纵观课文的选段,周朴园共问了三次鲁侍萍的身份。从鲁侍萍的角度来看,她只是平淡的回答“我姓鲁”,“我是这儿四凤的妈”,给人一种心如死水般的感觉。但是随着后文情感的爆发,就可得知鲁侍萍的平淡其实只是她强烈情感的掩饰。周朴园给她带来的爱和恨是同样印象深刻的,周朴园的爱给她带来了对未来美好的憧憬和幻想,而周朴园因趋炎附势的抛弃也让鲁侍萍坠入谷底,改变了她的命运。由这看出了在当时,所有的美好都只是幻影,都会迫于现实和无奈被无情的打碎。当然这里绝对存在周朴园个人性格的因素。在周朴园认出自己前,她对自己经历的叙述何尝不是巨大的痛苦。面对自己又爱又恨的人叙述,这就像刚刚缝好的伤口又被无情的撕开,就像在经历着一场无时限的凌迟,为她后来情绪爆发奠定基础。从周朴园的角度来看,他反复沉思,时而忽然立起,都看出他在面对侍萍而后命运时的痛苦和煎熬,他的内心背负着强烈的罪恶感,他每天都在遭受良心的拷问和谴责。说明他并不是个完全冷酷无情的人,他还有良知,他还会忏悔。而他的良知又为自己的罪恶编了自导自演的谎言,他用这个谎言欺骗自己,安慰自己以寻求解脱和内心的清净。所以他反复试探的过程也是印证自己谎言的过程,这个自欺欺人的骗局圆的够不够满是取决于鲁侍萍的生或死的。用他人的死来寻求自己罪恶感的解脱和灵魂上的麻痹,周朴园并非什么善类,他是自私的,残忍的,无情的,利欲熏心的。

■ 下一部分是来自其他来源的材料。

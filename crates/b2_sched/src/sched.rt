//! The scheduler.

mod ends;

use crate::needs::{no_dependents, wake, want_all};
use crate::number_set::NumberSet;
use crate::state::State;
use b2_base::fault::OutOfMemory;
use b2_base::list::List;
use b2_plan::plan::Plan;
use std::alloc::Global;
use std::marker::Model;

/// Which steps of a plan are needed, can be looked at, and can start. Steps are handed in by their numbers, from 1.
///
/// A step that is needed is looked at, and looked at again when a need of it settles. While it is looked at, the caller adds
/// the needs that it finds and says what is lacking; when all needs are settled and nothing is lacking, it judges the step.
/// A fresh step settles at once, a stale one is started when there is room, and settles or fails when it ends.
pub struct Sched {
    alloc: Global,
    jobs: u32,
    states: Vec<State>,
    dependents: Vec<List<u32>>,
    lacking: Vec<bool>,
    looks: NumberSet,
    starts: NumberSet,
    running: u32,
    any_failed: bool,
}

/// By hand, so that dropping one is one call.
impl Drop for Sched {
    fn drop(self) {
        let Sched {
            alloc: _,
            jobs: _,
            states,
            dependents,
            lacking,
            looks,
            starts,
            running: _,
            any_failed: _,
        } = self;
        drop(states);
        drop(dependents);
        drop(lacking);
        drop(looks);
        drop(starts);
    }
}

impl Model for Sched {
    ghost use Rattle.b2_sched.specs.Schedules.{Schedule, shown};
    ghost use Rattle.b2_sched.specs.Keeping.{IsKept, TellsFailure};

    ghost Value = { Schedule };

    ghost view = { λ s. shown s.jobs s.states.items s.dependents.items s.lacking.items s.looks };

    ghost invariant = { λ s. IsKept (shown s.jobs s.states.items s.dependents.items s.lacking.items s.looks) s.starts s.running × TellsFailure s.states.items s.any_failed };
}

impl Sched {
    ghost use Rattle.std.specs.Prelude.{◌≡◌, ◌↔◌, ◌+◌, ◌≤◌, ◌<◌, ℕ, true, false, length, IsTrue, IfOk, OnOk, OnErr, MatchOption};
    ghost use Rattle.b2_sched.specs.Schedules.{Schedule, IsStep, IsNeeded, IsUnjudged, IsRunning, IsSettled, CanLook};
    ghost use Rattle.b2_sched.specs.SchedulerCalls.{IsNew, looked_at, with_need, with_lack, with_stale, with_start, with_failure, Settles, StartsNext, StartsNone};
    ghost use Rattle.b2_sched.specs.Keeping.{LooksNext};
    ghost use Rattle.b2_sched.specs.Sound.{IsSound};

    /// A scheduler that was told nothing yet: the makers of wanted files are needed. At most `jobs` steps run at a time;
    /// with 0 none starts.
    pub fn new(alloc: Global, plan: &Plan, jobs: u32) -> Result<Sched, OutOfMemory>
        requires { length plan.now.steps ≤ 65536 }
        ensures { IfOk result (IsNew plan.now.steps plan.now.wanted jobs) }
    {
        let size = plan.steps.as_slice().len() + 1;
        let mut states = vec![in alloc; State::Unjudged; size]?;
        states[0] = State::Settled;
        let lacking = vec![in alloc; false; size]?;
        let starts = NumberSet::new(alloc, size)?;
        let mut looks = NumberSet::new(alloc, size)?;
        let mut dependents = no_dependents(alloc, size)?;
        want_all(plan, &mut dependents, &mut looks)?;
        Ok(Sched {
            alloc,
            jobs,
            states,
            dependents,
            lacking,
            looks,
            starts,
            running: 0,
            any_failed: false,
        })
    }

    /// A law of each scheduler: needed numbers are those of steps, steps that can be looked at are needed and not judged, and
    /// judged steps are needed. Does nothing.
    pub fn sound(&self)
        ensures { IsSound self.now }
    {
        let _law = &self.jobs;
    }

    /// The lowest step that can be looked at, which from now on counts as looked at. Takes no memory.
    pub fn take_look(&mut self) -> Option<u32>
        ensures lowest { MatchOption result ((i : ℕ) → CanLook self.old i → ⊥) (LooksNext self.old) }
        ensures after { MatchOption result (self.new ≡ self.old) (λ step. self.new ≡ looked_at self.old step) }
    {
        let step = self.looks.lowest()?;
        self.looks.remove(step);
        Some(step as u32)
    }

    /// Tells that a step needs another one, which is then needed too.
    pub fn add_need(&mut self, step: u32, on: u32) -> Result<(), OutOfMemory>
        requires step { IsNeeded self.old step }
        requires on { IsStep self.old on }
        requires not_settled { IsSettled self.old on → ⊥ }
        ensures ok { OnOk result (self.new ≡ with_need self.old step on) }
        ensures err { OnErr result (self.new ≡ self.old) }
    {
        let place = on as usize;
        let list = &mut self.dependents[place];
        let is_first = list.as_slice().is_empty();
        list.push(step)?;
        if is_first {
            self.looks.insert(place);
        }
        Ok(())
    }

    /// Tells that a source of a step is missing. Takes no memory.
    pub fn lack(&mut self, step: u32)
        requires { IsStep self.old step }
        ensures { self.new ≡ with_lack self.old step }
    {
        self.lacking[step as usize] = true;
    }

    /// Tells whether a step is stale; a fresh one settles. Takes no memory.
    pub fn judge(&mut self, step: u32, stale: bool)
        requires needed { IsNeeded self.old step }
        requires unjudged { IsUnjudged self.old step }
        ensures stale { stale ≡ true → self.new ≡ with_stale self.old step }
        ensures fresh { stale ≡ false → Settles self.old step self.new }
    {
        let place = step as usize;
        self.looks.remove(place);
        if stale {
            self.states[place] = State::Stale;
            self.starts.insert(place);
        } else {
            self.states[place] = State::Settled;
            wake(
                &mut self.looks,
                &self.states,
                self.dependents[place].as_slice(),
            );
        }
    }

    /// Whether a step is settled: it was judged fresh, or ended well.
    pub fn settled(&self, step: u32) -> bool
        requires { IsStep self.now step }
        ensures { IsTrue result ↔ IsSettled self.now step }
    {
        matches!(self.states[step as usize], State::Settled)
    }

    /// Whether a step is needed: it makes a wanted file, or a needed step was said to need it.
    pub fn needed(&self, step: u32) -> bool
        requires { IsStep self.now step }
        ensures { IsTrue result ↔ IsNeeded self.now step }
    {
        !self.dependents[step as usize].as_slice().is_empty()
    }

    /// The lowest step that was judged stale and not started, which from now on runs; None where there is none, or as many
    /// steps run as may. Takes no memory.
    pub fn take_start(&mut self) -> Option<u32>
        ensures lowest { MatchOption result (StartsNone self.old) (StartsNext self.old) }
        ensures after { MatchOption result (self.new ≡ self.old) (λ step. self.new ≡ with_start self.old step) }
    {
        if self.running >= self.jobs {
            return None;
        }
        let step = self.starts.lowest()?;
        self.starts.remove(step);
        self.states[step] = State::Running;
        self.running += 1;
        Some(step as u32)
    }

    /// Tells that a step that runs has ended, and whether it ended well and so settled. Takes no memory.
    pub fn finish(&mut self, step: u32, ok: bool)
        requires { IsRunning self.old step }
        ensures ok { ok ≡ true → Settles self.old step self.new }
        ensures failed { ok ≡ false → self.new ≡ with_failure self.old step }
    {
        let place = step as usize;
        self.running -= 1;
        if ok {
            self.states[place] = State::Settled;
            wake(
                &mut self.looks,
                &self.states,
                self.dependents[place].as_slice(),
            );
        } else {
            self.states[place] = State::Failed;
            self.any_failed = true;
        }
    }
}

两人这段小心翼翼各怀心事的周旋颇为精彩。这也让我想到了《基督山伯爵》里同样是一对旧情人怀有复杂感情的相见。
【基督山急忙转身,果然看见德·莫塞尔夫夫人来到客厅门口,正对着她丈夫刚才进来的那道门。她站在门口一动不动,面失血色,就在基督山转身的瞬间,不知什么缘故,她手臂垂落下去,身子靠到镀金的门框上,呆立了几秒钟……基督山伯爵再度鞠躬,而且比头一次俯身更低,他的脸色也比梅色苔丝更加苍白。
……“梅色苔丝已经死了,夫人,”基督山说道,“我再也不认识叫这个名字的什么人了。”
“梅色苔丝还活着,先生,梅色苔丝还记得,因为唯独她,刚一见到您,仅仅听到您的声音,埃德蒙,仅仅听到您的声调,就认出您来了。”】
通过两段背景相似的重逢可以看出,因为爱得深,所以伤的深,因此也更恨。爱与恨的复杂交织让人没有办法为自己的恨做些什么。《基督山伯爵》中用沉默来面对,而《雷雨》中鲁侍萍通过语言来宣泄。其实也可以看出,周朴园对鲁侍萍的身份早已有所察觉,只是不愿面对,也就出现了后来周朴园意图用钱来打发鲁侍萍的一幕。
这种爱情与金钱交织的事例也出现在《月亮与六便士》中,这类人往往有个共同点,活的很现实,说到本质上,就是爱其它事物还是没有胜过对自己的爱。
《雷雨》中由一段简单纯真的爱情推向一个感情错综复杂悲剧。让我想起一句话:“这世上,唯太阳与人心不可直视。”在那个本身就没有太阳的时代,人性的黑暗面便在黑夜里肆虐作祟。雷雨这个标题,首先是剧情高潮发生在雷雨之夜,写出了戏剧布局谋篇的巧妙,将来自各方的矛盾集中暴露,爆发,犹如雷雨夜一般震慑人心。其次那个时代有很多周朴园,有很多鲁侍萍,只因那个时代被笼罩在雷雨这种压抑,黑暗,恐怖之中。所以该剧的矛盾由雷雨起,由雷雨终,起到了一种照应作用,“雷雨事件”就是雷雨般社会的影射,拥有着时代的共性。